# Small Table saws



## K27fireman (Jul 19, 2008)

Which one would you buy, and why? 
http://www.micromark.com/MICROLUX-TILT-ARBOR-TABLE-SAW,7500.html

http://www.minicrafttools.com/38070.html

http://byrnesmodelmachines.com/tablesaw.html

BTW I have all the big stuff.

Thanks for you Help!!!!!


----------



## chuckger (Jan 2, 2008)

Hi K27,

Try this site Byrnesmodelmachines.com and check out his saw. If I was going to buy a small table saw this would be it.
Some one bought one droped it down a flight of stairs and it worked perfectly.

Chuck


----------



## K27fireman (Jul 19, 2008)

Its been added to my list, Thanks!


----------



## Dwight Ennis (Jan 2, 2008)

I own the Micro-Mark saw. It's a terrific little tool, an using the high fence and featherboards (extra accessories), I've cut 1:20 scale redwood 1 x 10s (0.05 x 0.60) and 2 x 4s (0.10 x 0.20) with ease. 

All the wood to make this water tank (including the tank itself which is built up board by board) was cut using that little saw...










Same for this backwoods sanding facility...

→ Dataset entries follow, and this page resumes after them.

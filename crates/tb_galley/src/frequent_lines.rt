//! Lines of the most frequent kinds, read by their first bytes. `None` or `false` says nothing of a line: it is then read by
//! its word.
ghost use Rattle.std.specs.Prelude.{◌≡◌, ◌≤◌, ◌∷◌, negsuc, pos, true, codes, length, IfSome, Ok};
ghost use Rattle.tb_text.specs.Lines.{begins_with, fields_of, is_skipped};
ghost use Rattle.tb_galley.specs.FieldReader.{left_of, finished, dimension_left, range_left, glue_left, sized_left, float_left, margin_left, foot_left, set_left};
ghost use Rattle.tb_galley.specs.declared.contents.Content.TheVariants.{Set};
ghost use Rattle.tb_galley.specs.GalleyReader.{known_in, takes_leaf, takes_item, takes_setting, past_word, bare_item, phase_behind, IsBoxLine, IsLineOf, IsBareItem};

use crate::contents::{float, foot, margin};
use crate::draft::Draft;
use crate::fields::Fields;
use crate::glue_words::begins_with_space;
use crate::settings::setting;
use crate::words::{MAX_ITEMS, Phase};
use crate::{Cause, ItemKind, Word};
use tb_node::{Float, Margin, Name};
use tb_param::{Field, Value};
use tb_scaled::Glue;

/// Whether what may be in a footnote may come here, and leaves the phase as it is.
pub(crate) fn takes_leaf(phase: Phase, count: u32) -> bool
    ensures { result ≡ takes_leaf phase count }
{
    match phase {
        Phase::Items | Phase::Inside => count < MAX_ITEMS,
        _ => false,
    }
}

/// Whether an item of one line that needs no other before it may come here, outside a footnote.
pub(crate) fn takes_item(phase: Phase, count: u32) -> bool
    ensures { result ≡ takes_item phase count }
{
    match phase {
        Phase::Items | Phase::AfterClear | Phase::AfterTwo => count < MAX_ITEMS,
        _ => false,
    }
}

/// Whether a line of `set` may come here before the items. After them it is looked at with more care.
pub(crate) fn takes_setting(phase: Phase, count: u32) -> bool
    ensures { result ≡ takes_setting phase count }
{
    match phase {
        Phase::Sets => count < MAX_ITEMS,
        _ => false,
    }
}

// The fields of a line after a word that is no header.
#[inline(always)]
fn fields_after(rest: &[u8]) -> Fields<'_>
    requires { length rest.now ≤ 255 }
    ensures { left_of result ≡ past_word rest.now }
{
    Fields {
        rest,
        number: 2,
        missing: Cause::MissingField,
    }
}

// What follows `box` and a space.
fn after_box(line: &[u8]) -> Option<&[u8]>
    ensures { IfSome result (λ r. line.now ≡ 98 ∷ 111 ∷ 120 ∷ 32 ∷ r.now) }
{
    match line {
        [b'b', b'o', b'x', b' ', rest @ ..] => Some(rest),
        _ => None,
    }
}

// What follows `glue`, which is a space and more.
fn after_glue(line: &[u8]) -> Option<&[u8]>
    ensures { IfSome result (λ r. (line.now ≡ 103 ∷ 108 ∷ 117 ∷ 101 ∷ r.now) × (begins_with 32 r.now ≡ true)) }
{
    match line {
        [b'g', b'l', b'u', b'e', rest @ ..] if begins_with_space(rest) => Some(rest),
        _ => None,
    }
}

// What follows `kern`, which is a space and more.
fn after_kern(line: &[u8]) -> Option<&[u8]>
    ensures { IfSome result (λ r. (line.now ≡ 107 ∷ 101 ∷ 114 ∷ 110 ∷ r.now) × (begins_with 32 r.now ≡ true)) }
{
    match line {
        [b'k', b'e', b'r', b'n', rest @ ..] if begins_with_space(rest) => Some(rest),
        _ => None,
    }
}

// What follows `penalty`, which is a space and more.
fn after_penalty(line: &[u8]) -> Option<&[u8]>
    ensures { IfSome result (λ r. (line.now ≡ 112 ∷ 101 ∷ 110 ∷ 97 ∷ 108 ∷ 116 ∷ 121 ∷ r.now) × (begins_with 32 r.now ≡ true)) }
{
    match line {
        [b'p', b'e', b'n', b'a', b'l', b't', b'y', rest @ ..] if begins_with_space(rest) => Some(
            rest,
        ),
        _ => None,
    }
}

// What follows `float`, which is a space and more.
fn after_float(line: &[u8]) -> Option<&[u8]>
    ensures { IfSome result (λ r. (line.now ≡ 102 ∷ 108 ∷ 111 ∷ 97 ∷ 116 ∷ r.now) × (begins_with 32 r.now ≡ true)) }
{
    match line {
        [b'f', b'l', b'o', b'a', b't', rest @ ..] if begins_with_space(rest) => Some(rest),
        _ => None,
    }
}

// What follows `margin`, which is a space and more.
fn after_margin(line: &[u8]) -> Option<&[u8]>
    ensures { IfSome result (λ r. (line.now ≡ 109 ∷ 97 ∷ 114 ∷ 103 ∷ 105 ∷ 110 ∷ r.now) × (begins_with 32 r.now ≡ true)) }
{
    match line {
        [b'm', b'a', b'r', b'g', b'i', b'n', rest @ ..] if begins_with_space(rest) => Some(rest),
        _ => None,
    }
}

// What follows `foot`, which is a space and more.
fn after_foot(line: &[u8]) -> Option<&[u8]>
    ensures { IfSome result (λ r. (line.now ≡ 102 ∷ 111 ∷ 111 ∷ 116 ∷ r.now) × (begins_with 32 r.now ≡ true)) }
{
    match line {
        [b'f', b'o', b'o', b't', rest @ ..] if begins_with_space(rest) => Some(rest),
        _ => None,
    }
}

// What follows `set`, which is a space and more.
fn after_set(line: &[u8]) -> Option<&[u8]>
    ensures { IfSome result (λ r. (line.now ≡ 115 ∷ 101 ∷ 116 ∷ r.now) × (begins_with 32 r.now ≡ true)) }
{
    match line {
        [b's', b'e', b't', rest @ ..] if begins_with_space(rest) => Some(rest),
        _ => None,
    }
}

/// The amounts of a box, if that is what the line says.
#[inline(always)]
pub(crate) fn read_box(line: &[u8]) -> Option<(Name, i64, i64)>
    requires { length line.now ≤ 255 }
    ensures { IfSome result (λ b. IsBoxLine line.now b) }
{
    let mut fields = fields_after(after_box(line)?);
    match fields.sized() {
        Ok(read) if fields.is_at_end() => Some(read),
        _ => None,
    }
}

/// Glue, if that is what the line says.
#[inline(always)]
pub(crate) fn read_glue(line: &[u8]) -> Option<Glue>
    requires { length line.now ≤ 255 }
    ensures { IfSome result (λ g. IsLineOf (codes "glue") (glue_left Cause.UnknownWord) line.now g) }
{
    let mut fields = fields_after(after_glue(line)?);
    match fields.glue(Cause::UnknownWord) {
        Ok(glue) if fields.is_at_end() => Some(glue),
        _ => None,
    }
}

/// The width of a kern, if that is what the line says.
#[inline(always)]
pub(crate) fn read_kern(line: &[u8]) -> Option<i64>
    requires { length line.now ≤ 255 }
    ensures { IfSome result (λ w. IsLineOf (codes "kern") dimension_left line.now w) }
{
    lone_dimension(after_kern(line)?)
}

// The dimension that is all that follows a word. It is kept out of the way of other lines, as those below are.
#[inline(never)]
fn lone_dimension(rest: &[u8]) -> Option<i64>
    requires { length rest.now ≤ 255 }
    ensures { IfSome result (λ w. finished (dimension_left (past_word rest.now)) ≡ Ok w) }
{
    let mut fields = fields_after(rest);
    match fields.dimension() {
        Ok(width) if fields.is_at_end() => Some(width),
        _ => None,
    }
}

/// A penalty, if that is what the line says.
#[inline(always)]
pub(crate) fn read_penalty(line: &[u8]) -> Option<i64>
    requires { length line.now ≤ 255 }
    ensures { IfSome result (λ p. IsLineOf (codes "penalty") (range_left (negsuc 9999) (pos 10000) Cause.Penalty) line.now p) }
{
    lone_penalty(after_penalty(line)?)
}

#[inline(never)]
fn lone_penalty(rest: &[u8]) -> Option<i64>
    requires { length rest.now ≤ 255 }
    ensures { IfSome result (λ p. finished (range_left (negsuc 9999) (pos 10000) Cause.Penalty (past_word rest.now)) ≡ Ok p) }
{
    let mut fields = fields_after(rest);
    match fields.integer_within(-10_000, 10_000, Cause::Penalty) {
        Ok(penalty) if fields.is_at_end() => Some(penalty),
        _ => None,
    }
}

/// A float and whether it is between paragraphs, if that is what the line of this number says.
#[inline(always)]
pub(crate) fn read_float(version: u8, number: u32, line: &[u8]) -> Option<(Float, bool)>
    requires { length line.now ≤ 255 }
    ensures { IfSome result (λ f. IsLineOf (codes "float") (float_left version number) line.now f) }
{
    lone_float(version, number, after_float(line)?)
}

#[inline(never)]
fn lone_float(version: u8, number: u32, rest: &[u8]) -> Option<(Float, bool)>
    requires { length rest.now ≤ 255 }
    ensures { IfSome result (λ f. finished (float_left version number (past_word rest.now)) ≡ Ok f) }
{
    let mut fields = fields_after(rest);
    match float(version, number, &mut fields) {
        Ok(read) if fields.is_at_end() => Some(read),
        _ => None,
    }
}

/// A marginal note and whether it is between paragraphs, if that is what the line of this number says.
#[inline(always)]
pub(crate) fn read_margin(version: u8, number: u32, line: &[u8]) -> Option<(Margin, bool)>
    requires { length line.now ≤ 255 }
    ensures { IfSome result (λ m. IsLineOf (codes "margin") (margin_left version number) line.now m) }
{
    lone_margin(version, number, after_margin(line)?)
}

#[inline(never)]
fn lone_margin(version: u8, number: u32, rest: &[u8]) -> Option<(Margin, bool)>
    requires { length rest.now ≤ 255 }
    ensures { IfSome result (λ m. finished (margin_left version number (past_word rest.now)) ≡ Ok m) }
{
    let mut fields = fields_after(rest);
    match margin(version, number, &mut fields) {
        Ok(read) if fields.is_at_end() => Some(read),
        _ => None,
    }
}

/// The class of a footnote, if that is what the line says.
#[inline(always)]
pub(crate) fn read_foot(draft: &Draft, line: &[u8]) -> Option<u8>
    requires { length line.now ≤ 255 }
    ensures { IfSome result (λ c. IsLineOf (codes "foot") (foot_left (known_in draft.now)) line.now c) }
{
    lone_foot(draft, after_foot(line)?)
}

#[inline(never)]
fn lone_foot(draft: &Draft, rest: &[u8]) -> Option<u8>
    requires { length rest.now ≤ 255 }
    ensures { IfSome result (λ c. finished (foot_left (known_in draft.now) (past_word rest.now)) ≡ Ok c) }
{
    let mut fields = fields_after(rest);
    match foot(draft, &mut fields) {
        Ok(class) if fields.is_at_end() => Some(class),
        _ => None,
    }
}

/// A parameter and its value, if that is what the line says.
#[inline(always)]
pub(crate) fn read_setting(version: u8, line: &[u8]) -> Option<(Field, Value)>
    requires { length line.now ≤ 255 }
    ensures { IfSome result (λ r. IsLineOf (codes "set") (set_left version) line.now (Set r.0 r.1)) }
{
    lone_setting(version, after_set(line)?)
}

#[inline(never)]
fn lone_setting(version: u8, rest: &[u8]) -> Option<(Field, Value)>
    requires { length rest.now ≤ 255 }
    ensures { IfSome result (λ r. finished (set_left version (past_word rest.now)) ≡ Ok (Set r.0 r.1)) }
{
    let mut fields = fields_after(rest);
    match setting(version, &mut fields) {
        Ok(read) if fields.is_at_end() => Some(read),
        _ => None,
    }
}

/// The word of an item of one word, if it may come here and the word is all that the line says.
#[inline(always)]
pub(crate) fn read_bare_word(phase: Phase, line: &[u8]) -> Option<Word>
    ensures phase { IfSome result (λ w. phase ≡ Phase.Items) }
    ensures line { IfSome result (λ w. IsBareItem line.now (bare_item w)) }
{
    let Phase::Items = phase else {
        return None;
    };
    if line == b"newpage".as_slice() {
        Some(Word::Newpage)
    } else if line == b"clearpage".as_slice() {
        Some(Word::Clearpage)
    } else if line == b"onecolumn".as_slice() {
        Some(Word::Onecolumn)
    } else if line == b"twocolumn".as_slice() {
        Some(Word::Twocolumn)
    } else if line == b"suppressfloats".as_slice() {
        Some(Word::Suppressfloats)
    } else {
        None
    }
}

/// The phase after an item of one word or a float, outside a footnote.
pub(crate) fn phase_behind(kind: &ItemKind) -> Phase
    ensures { result ≡ phase_behind kind.now }
{
    match kind {
        ItemKind::ClearPage | ItemKind::OneColumn => Phase::AfterClear,
        ItemKind::TwoColumn => Phase::AfterTwo,
        _ => Phase::Items,
    }
}

/// Whether a line is `foot` alone and begins a footnote.
pub(crate) fn begins_foot(phase: Phase, line: &[u8]) -> bool
    ensures { result ≡ true → (phase ≡ Phase.Items) × (line.now ≡ codes "foot") }
{
    matches!(phase, Phase::Items) && line == b"foot".as_slice()
}

/// Whether a line is `endfoot` alone and ends a footnote.
pub(crate) fn ends_foot(phase: Phase, line: &[u8]) -> bool
    ensures { result ≡ true → (phase ≡ Phase.Inside) × (line.now ≡ codes "endfoot") }
{
    matches!(phase, Phase::Inside) && line == b"endfoot".as_slice()
}

/// Whether a line is empty or begins with `#`, so that it says nothing.
pub(crate) fn says_nothing(line: &[u8]) -> bool
    ensures { result ≡ true → is_skipped (fields_of line.now) ≡ true }
{
    match line {
        [] => true,
        [first, ..] => *first == b'#',
    }
}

The Proxxon looks like pretty much the same saw for less money, though you may still need to get the high fence and featherboards from Micro-Mark. I found the stock fence that came with the saw pretty much useless for this kind ow work... it wasn't nearly high enough.


----------



## FH&PB (Jan 2, 2008)

I have the MicroMark, too, and it's a fabulous tool for modeling. With the fine-adjustment fence (sold separately), I can hold tolerances of a couple of thousandths of an inch. 

So, even though I can't compare the ones you mentioned, I can state my satisfaction with the MicroMark.


----------



## Jack - Freshwater Models (Feb 17, 2008)

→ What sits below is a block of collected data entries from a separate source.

impl<'a> Fields<'a> {
    /// The fault if no field is left.
    pub fn no_field(&self) -> At
        ensures { result ≡ record { field = self.now.number; cause = self.now.missing } }
    {
        At {
            field: self.number,
            cause: self.missing,
        }
    }

    /// The next field.
    pub fn next(&mut self) -> Result<&'a [u8], At>
        ensures { GivesBy (λ f. f.now) result (left_of self.new) (next_left (left_of self.old)) }
    {
        let number = self.number;
        let Some((field, rest)) = split_field(self.rest) else {
            return Err(self.no_field());
        };
        if !is_printable(field) {
            return Err(At {
                field: number,
                cause: Cause::NotAscii,
            });
        }
        self.rest = rest;
        self.number = number + 1;
        Ok(field)
    }

    /// No field is left.
    pub fn end(&mut self) -> Result<(), At>
        ensures { Gives result (left_of self.new) (end_left (left_of self.old)) }
    {
        if self.rest.is_empty() {
            return Ok(());
        }
        let number = self.number;
        let Some((field, _)) = split_field(self.rest) else {
            return Ok(());
        };
        if is_printable(field) {
            Err(At {
                field: number,
                cause: Cause::ExtraField,
            })
        } else {
            Err(At {
                field: number,
                cause: Cause::NotAscii,
            })
        }
    }

    /// The next field as a dimension, in scaled points.
    #[inline(always)]
    #[tactic(auto, unfolding(crate::specs::FieldReader::dimension_left))]
    pub fn dimension(&mut self) -> Result<i64, At>
        ensures { Gives result (left_of self.new) (dimension_left (left_of self.old)) }
    {
        match split_amount(self.rest) {
            Some((value, rest)) => {
                self.rest = rest;
                self.number += 1;
                Ok(value)
            }
            None => self.other_dimension(),
        }
    }

    // The same of a field of any form.
    #[inline(never)]
    #[tactic(auto, unfolding(crate::specs::FieldReader::dimension_left))]
    fn other_dimension(&mut self) -> Result<i64, At>
        ensures { Gives result (left_of self.new) (dimension_left (left_of self.old)) }
    {
        let number = self.number;
        let field = self.next()?;
        match dimension(field) {
            Ok(value) => Ok(value),
            Err(fault) => Err(At {
                field: number,
                cause: text_cause(fault),
            }),
        }
    }

    #[inline(always)]
    #[tactic(auto, unfolding(crate::specs::FieldReader::stretch_left))]
    fn stretch(&mut self) -> Result<(i64, Order), At>
        ensures { Gives result (left_of self.new) (stretch_left (left_of self.old)) }
    {
        match split_amount(self.rest) {
            Some((value, rest)) => {
                self.rest = rest;
                self.number += 1;
                Ok((value, Order::Normal))
            }
            None => self.other_stretch(),
        }
    }

    // The same of a field of any form.
    #[inline(never)]
    #[tactic(auto, unfolding(crate::specs::FieldReader::stretch_left))]
    fn other_stretch(&mut self) -> Result<(i64, Order), At>
        ensures { Gives result (left_of self.new) (stretch_left (left_of self.old)) }
    {
        let number = self.number;
        let field = self.next()?;
        match stretch(field) {
            Ok(value) => Ok(value),
            Err(fault) => Err(At {
                field: number,
                cause: text_cause(fault),
            }),
        }
    }

    /// A dimension that is at least this.
    #[inline(always)]
    #[tactic(auto, unfolding(crate::specs::FieldReader::least_left))]
    pub fn dimension_from(&mut self, low: i64, cause: Cause) -> Result<i64, At>
        ensures { Gives result (left_of self.new) (least_left low cause (left_of self.old)) }
    {
        match split_amount(self.rest) {
            Some((value, rest)) if low <= value => {
                self.rest = rest;
                self.number += 1;
                Ok(value)
            }
            Some(_) => Err(At::new(self.number, cause)),
            None => self.decimal_from(low, cause),
        }
    }

    /// A dimension that is at least this, as `dimension_from` reads it, of a field that is seldom a few digits alone or with
    /// `pt` behind: most have a point. What is read as a dimension has printable bytes only, so only other fields are
    /// tested for them.
    #[inline(never)]
    #[tactic(auto, unfolding(crate::specs::FieldReader::least_left))]
    pub fn decimal_from(&mut self, low: i64, cause: Cause) -> Result<i64, At>
        ensures { Gives result (left_of self.new) (least_left low cause (left_of self.old)) }
    {
        let number = self.number;
        let Some((field, rest)) = split_field(self.rest) else {
            return Err(self.no_field());
        };
        match dimension(field) {
            Ok(value) if low <= value => {
                self.rest = rest;
                self.number = number + 1;
                Ok(value)
            }
            Ok(_) => Err(At::new(number, cause)),
            Err(fault) => Err(At::new(number, cause_in(field, text_cause(fault)))),
        }
    }

    /// An integer in this range.
    #[tactic(auto, unfolding(crate::specs::FieldReader::range_left))]
    pub fn integer_within(&mut self, low: i64, high: i64, cause: Cause) -> Result<i64, At>
        ensures read { Gives result (left_of self.new) (range_left low high cause (left_of self.old)) }
        ensures range { IfOk result (λ n. (low ≤ℤ n) × (n ≤ℤ high)) }
    {
        let number = self.number;
        let field = self.next()?;
        match integer(field) {
            Ok(value) if low <= value && value <= high => Ok(value),
            Ok(_) => Err(At {
                field: number,
                cause,
            }),
            Err(fault) => Err(At {
                field: number,
                cause: text_cause(fault),
            }),
        }
    }

    /// The next field as the class of a footnote: 254, or the number of one of these.
    pub fn class_among(&mut self, classes: &[ClassLine]) -> Result<u8, At>
        ensures { Gives result (left_of self.new)
            (field_read (class_slot (map (λ c. c.number) classes.now)) number_in (left_of self.old)) }
    {
        let number = self.number;
        let field = self.next()?;
        match integer(field) {
            Ok(value) => class_of(classes, value).ok_or(At {
                field: number,
                cause: Cause::Class,
            }),
            Err(fault) => Err(At {
                field: number,
                cause: text_cause(fault),
            }),
        }
    }

    /// Whether no field is left in the line.
    pub fn is_at_end(&self) -> bool
        ensures { result ≡ is_end (left_of self.now).fields }
    {
        self.rest.is_empty() || split_field(self.rest).is_none()
    }

    #[inline(always)]
    #[tactic(auto, unfolding(crate::specs::FieldReader::stretch_part))]
    fn stretch_part(&mut self) -> Result<(i64, Order), At>
        ensures { Gives result (left_of self.new) (stretch_part (left_of self.old)) }
    {
        match after_plus(self.rest) {
            Some(rest) => {
                self.rest = rest;
                self.number += 1;
                self.stretch()
            }
            None => Ok((0, Order::Normal)),
        }
    }

    #[inline(always)]
    #[tactic(auto, unfolding(crate::specs::FieldReader::shrink_part))]
    fn shrink_part(&mut self, cause: Cause) -> Result<i64, At>
        ensures { Gives result (left_of self.new) (shrink_part cause (left_of self.old)) }
    {
        if self.rest.is_empty() {
            return Ok(0);
        }
        match after_minus(self.rest) {
            Some(rest) => {
                self.rest = rest;
                self.number += 1;
                self.dimension()
            }
            None => self.without_shrink(cause),
        }
    }

    // The end of glue without a shrink.
    #[tactic(auto, unfolding(crate::specs::FieldReader::shrink_part))]
    fn without_shrink(&mut self, cause: Cause) -> Result<i64, At>
        requires { next_is_by (codes "minus") (left_of self.old).fields ≡ false }
        ensures { Gives result (left_of self.new) (shrink_part cause (left_of self.old)) }
    {
        if self.is_at_end() {
            return Ok(0);
        }
        let number = self.number;
        let _ = self.next()?;
        Err(At {
            field: number,
            cause,
        })
    }

    /// Glue; any other word in it is a fault with this cause.
    #[inline(always)]
    #[tactic(auto, unfolding(crate::specs::FieldReader::glue_left))]
    pub fn glue(&mut self, cause: Cause) -> Result<Glue, At>
        ensures { Gives result (left_of self.new) (glue_left cause (left_of self.old)) }
    {
        let width = self.dimension()?;
        let (stretch, order) = self.stretch_part()?;
        let shrink = self.shrink_part(cause)?;
        Ok(Glue {
            width,
            stretch,
            order,
            shrink,
        })
    }

    /// The next field as a fraction from 0 to 1, in 65536ths.
    #[tactic(auto, unfolding(crate::specs::FieldReader::fraction_left))]
    pub fn fraction(&mut self) -> Result<i64, At>
        ensures { Gives result (left_of self.new) (fraction_left (left_of self.old)) }
    {
        let number = self.number;
        let field = self.next()?;
        match fraction(field) {
            Ok(value) if 0 <= value && value <= 65536 => Ok(value),
            Ok(_) => Err(At {
                field: number,
                cause: Cause::Parameter,
            }),
            Err(fault) => Err(At {
                field: number,
                cause: text_cause(fault),
            }),
        }
    }

    /// One of two words: whether it is the second.
    #[tactic(auto, unfolding(crate::specs::FieldReader::choice_left))]
    pub fn choice(&mut self, first: &[u8], second: &[u8], cause: Cause) -> Result<bool, At>
        ensures { Gives result (left_of self.new) (choice_left first.now second.now cause (left_of self.old)) }
    {
        let number = self.number;
        let field = self.next()?;
        if field == second {
            Ok(true)
        } else if field == first {
            Ok(false)
        } else {
            Err(At {
                field: number,
                cause,
            })
        }
    }

    /// This word: true, since any other is a fault.
    #[tactic(auto, unfolding(crate::specs::FieldReader::word_left))]
    pub fn word(&mut self, text: &[u8], cause: Cause) -> Result<bool, At>
        ensures { Gives result (left_of self.new) (word_left text.now cause (left_of self.old)) }
    {
        let number = self.number;
        let field = self.next()?;
        if field == text {
            Ok(true)
        } else {
            Err(At {
                field: number,
                cause,
            })
        }
    }

    /// The next field as the version of a galley.
    #[tactic(auto, unfolding(crate::specs::FieldReader::version_left))]
    pub fn version(&mut self) -> Result<u8, At>
        ensures { Gives result (left_of self.new) (version_left (left_of self.old)) }
    {
        let number = self.number;
        let field = self.next()?;
        match version_of(field) {
            Some(version) => Ok(version),
            None => Err(At {
                field: number,
                cause: Cause::NoHeader,
            }),
        }
    }

    /// The next field as the places of a float, and whether it has the mark `!`.
    #[tactic(auto, unfolding(crate::specs::FieldReader::places_left))]
    pub fn places(&mut self) -> Result<(Places, bool), At>
        ensures { Gives result (left_of self.new) (places_left (left_of self.old)) }
    {
        let number = self.number;
        let field = self.next()?;
        if !are_places(field) {
            return Err(At {
                field: number,
                cause: Cause::BadPlace,
            });
        }
        Ok((places_in(field), has_byte(b'!', field)))
    }

    /// The next three fields as a name, a height and a depth, both in scaled points and at least 0.
    #[inline(always)]
    #[tactic(auto, unfolding(crate::specs::FieldReader::sized_left))]
    pub fn sized(&mut self) -> Result<(Name, i64, i64), At>
        ensures { Gives result (left_of self.new) (sized_left (left_of self.old)) }
    {
        let name = self.name()?;
        let height = self.dimension_from(0, Cause::Dimension)?;
        let depth = self.dimension_from(0, Cause::Dimension)?;
        Ok((name, height, depth))
    }

    /// The next field as a name. The bytes of a name are printable, so they are tested once. It is inlined, so that a name is
    /// copied once less.
    #[inline(always)]
    #[tactic(auto, unfolding(crate::specs::FieldReader::name_left))]
    pub fn name(&mut self) -> Result<Name, At>
        ensures { Gives result (left_of self.new) (name_left (left_of self.old)) }
    {
        let number = self.number;
        let Some((field, rest)) = split_field(self.rest) else {
            return Err(self.no_field());
        };
        match name_of(field) {
            Some(name) => {
                self.rest = rest;
                self.number = number + 1;
                Ok(name)
            }
            None => Err(At {
                field: number,
                cause: cause_in(field, Cause::BadName),
            }),
        }
    }
}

The big difference between the Micromark and the Byrnes is tilting arbor. I have the Micromark whcih I have used for production work and considering the cost on sale in the summer it has been a good saw. I have had a couple of parts break. I don't like the rip fence which is not all that accurate. I would choose the byrnes if ya don't need the tilting arbor and have extra $. 

Jack


----------



## Joe Johnson (Jan 2, 2008)

I've had the Micromark for years and have been very happy with it. The high fence and the feather boards are a must. Not cheap but I would buy another one if something happened to this one.


----------



## monsterhunter (May 25, 2008)

I bought a small, fine toothed blade at sears and put it in my big table saw. I think it's meant for a small cordless circular saw, but has the same size arbor as my big saw.   I made a throat plate out of masonite. The blade was about  $15.  I've cut all kinds of stuff with it.  It has worked just fine for me.  I can easily cut small lumber with it.
Dan


----------



## Les (Feb 11, 2008)

Steve,

I'd like to copy your sand house and water tank. Mind?

(Beautiful work--and I'm gettin' closer to starting. No, really, this time.)









Les


----------



## tiespike (Jan 6, 2008)

backwoods water tank is found in the archives 

http://archive.mylargescale.com/articles/articles/ 

scoll down to the bottom a good article, one of the first I looked at when i joined. 
Dave


----------



## Les (Feb 11, 2008)

Dave,

Thanks for the link!

Les


----------



## Dwight Ennis (Jan 2, 2008)

Posted By Les on 03/09/2009 7:05 PM
Steve,

I'd like to copy your sand house and water tank. Mind?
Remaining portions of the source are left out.